We also need it to be secure and scalable, because ultimately, we're going to be recruiting 5 million participants and so we need to be building a technology platform that will endure for generations; this isn't a short-term, one-off program - this is creating data and infrastructure that will change people's lives.

So, we needed a technology partner who'd done some of this before. And Kainos had a good track record of building secure and data-centric health projects which had the user and the volunteer and or the patient at the heart.

Our Future Health IT deliverables come from blended customer-partner technology teams, she adds.

She says:

It's very much about flexible and agile and sprint ways of working, where we’re all focused on the outcome that we're trying to achieve, and how we can work together to build the technology to manage the data flows and build the security to enable us to do it effectively and quickly.

The real value of the relationship is helping us with the security, reliability, scalability and trustworthiness of our technology and data architecture.

1.3 million down, 2 million to go?

Pace of accomplishment is also a factor in this.

Though announced in 2020, the fact that as of early 2024 Our Future Health is still a way off that 5 million recruits target can’t be avoided.

Evans says:

It was quite challenging to recruit the number of participants we wanted in the middle of the COVID pandemic.

So, in terms of our participant recruitment, we've only been really motoring fast for probably only the last 18 months.

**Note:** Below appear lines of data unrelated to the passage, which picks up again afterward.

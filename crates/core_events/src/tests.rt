//! Which answers fit which events, and what making room keeps.

use crate::{
    Action, Actions, Answer, Command, Errno, Event, Memory, Notices, Reply, Request, Way, Work,
};
use span_algebra::{Bytes, Name, Runs};
use std::alloc::Global;

/// What is asked.
#[derive(Clone, Copy)]
enum Ask {
    Tick,
    Abort,
    Read,
    Write,
    Flush,
    Status,
    OneRun,
}

fn name(alloc: Global, text: &str) -> Result<Name, Memory> {
    Ok(Name {
        items: text.as_bytes().to_vec(alloc)?,
    })
}

fn work(alloc: Global, ask: Ask) -> Result<Option<Work>, Memory> {
    let one = matches!(ask, Ask::OneRun);
    Ok(match ask {
        Ask::Tick | Ask::Abort => None,
        Ask::Read => Some(Work::Read),
        Ask::Write => Some(Work::Write { fua: true }),
        Ask::Flush => Some(Work::Flush),
        Ask::Status | Ask::OneRun => Some(Work::Status {
            context: name(alloc, "base:allocation")?,
            one,
        }),
    })
}

fn abort(alloc: Global) -> Result<Event, Memory> {
    let mut items = Vec::new(alloc);
    items.push(Action::Abort)?;
    Ok(Event::Monitor(Command::Transaction(Actions { items })))
}

// An event that asks this of so many bytes.
fn event(alloc: Global, ask: Ask, length: u64) -> Result<Event, Memory> {
    match work(alloc, ask)? {
        Some(work) => Ok(Event::Guest(Request {
            way: Way::Node(name(alloc, "drive0")?),
            work,
            offset: 0,
            length,
            bytes: Bytes {
                items: Vec::new(alloc),
            },
        })),
        None if matches!(ask, Ask::Abort) => abort(alloc),
        None => Ok(Event::Tick),
    }
}

// An answer with room for so many bytes, runs and notices.
fn answer(alloc: Global, room: (usize, usize, usize)) -> Result<Answer, Memory> {
    Ok(Answer {
        reply: Reply::Fault(Errno::Io),
        bytes: Bytes {
            items: Vec::with_capacity(alloc, room.0)?,
        },
        runs: Runs {
            items: Vec::with_capacity(alloc, room.1)?,
        },
        notices: Notices {
            items: Vec::with_capacity(alloc, room.2)?,
        },
    })
}

// Whether an answer with so much room fits an event as wanted, and does once it made room.
fn agrees(
    alloc: Global,
    room: (usize, usize, usize),
    ask: Ask,
    length: u64,
    want: bool,
) -> Result<bool, Memory> {
    let mut answer = answer(alloc, room)?;
    let event = event(alloc, ask, length)?;
    let before = answer.fits(&event);
    answer.make_room(alloc, &event)?;
    Ok(before == want && answer.fits(&event))
}

const LONGEST: u64 = 1 << 25;

// What is asked, of how many bytes, in room for how many bytes, runs and notices; whether it fits.
#[test]
fn an_answer_fits_the_events_that_it_has_room_for(rt: HostRuntime) {
    for (ask, length, room, want) in [
        (Ask::Tick, 0, (0, 0, 0), false),
        (Ask::Tick, 0, (64, 1024, 15), false),
        (Ask::Tick, 0, (0, 0, 16), true),
        (Ask::Read, 0, (0, 0, 16), true),
        (Ask::Read, 1, (0, 0, 16), false),
        (Ask::Read, 512, (512, 0, 16), true),
        (Ask::Read, 513, (512, 0, 16), false),
        (Ask::Read, LONGEST, (512, 0, 16), false),
        (Ask::Read, LONGEST + 1, (0, 0, 16), true),
        (Ask::Status, 512, (512, 1023, 16), false),
        (Ask::Status, 512, (0, 1024, 16), true),
        (Ask::OneRun, 512, (0, 1, 16), false),
        (Ask::OneRun, 512, (0, 1024, 16), true),
        (Ask::Write, 512, (0, 0, 16), true),
        (Ask::Flush, 512, (0, 0, 16), true),
        (Ask::Abort, 512, (0, 0, 16), true),
    ] {
        let good = agrees(rt.alloc(), room, ask, length, want).expect(&rt, "memory");
        assert!(rt; good, "{length} bytes in {room:?}");
    }
}

// Whether a new answer for so many bytes fits an event.
fn new_fits(alloc: Global, bytes: usize, ask: Ask, length: u64) -> Result<bool, Memory> {
    let answer = Answer::new(alloc, bytes)?;
    Ok(answer.fits(&event(alloc, ask, length)?))
}

#[test]
fn a_new_answer_fits_what_was_foreseen(rt: HostRuntime) {
    for (ask, length, want) in [
        (Ask::Read, 4096, true),
        (Ask::Read, 4097, false),
        (Ask::Status, 4097, true),
        (Ask::Tick, 0, true),
    ] {
        let got = new_fits(rt.alloc(), 4096, ask, length).expect(&rt, "memory");
        assert_eq!(rt; got, want, "{length}");
    }
}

Seen in that light, the fact that the organization is now up to 1.3 million volunteers is impressive.

Of that number, however, only 600,000 of those are what we call full volunteers or full participant - as in, members of the public who have registered and provided consent, filled in their questionnaire, and made their way into an Our Future Health site to provide their blood samples and have their height and weight taken.

Evans says these numbers could not have been reached after the slow start, without the Kainos-authored volunteer recruitment infrastructure.

An accurate map of the real UK population

Next steps for Our Future Health, she concludes, will be to continue to ask as diverse a set of UK residents as can be reached to meet the program’s goals.

She says:

What is important here is recruiting a participant cohort that really represents the UK. 

When I say that, I mean we are genuinely focusing on the diversity of our cohort; we're making sure that we recruit from black and minority ethnic communities, we're making sure that we recruit from deprived areas, and individuals who to date have been underrepresented in health data research.

That’s because if we can do that, we can enable research into diseases that impact the populations that, so far, the NHS has missed out on.

And that’s because this is research that can change lives.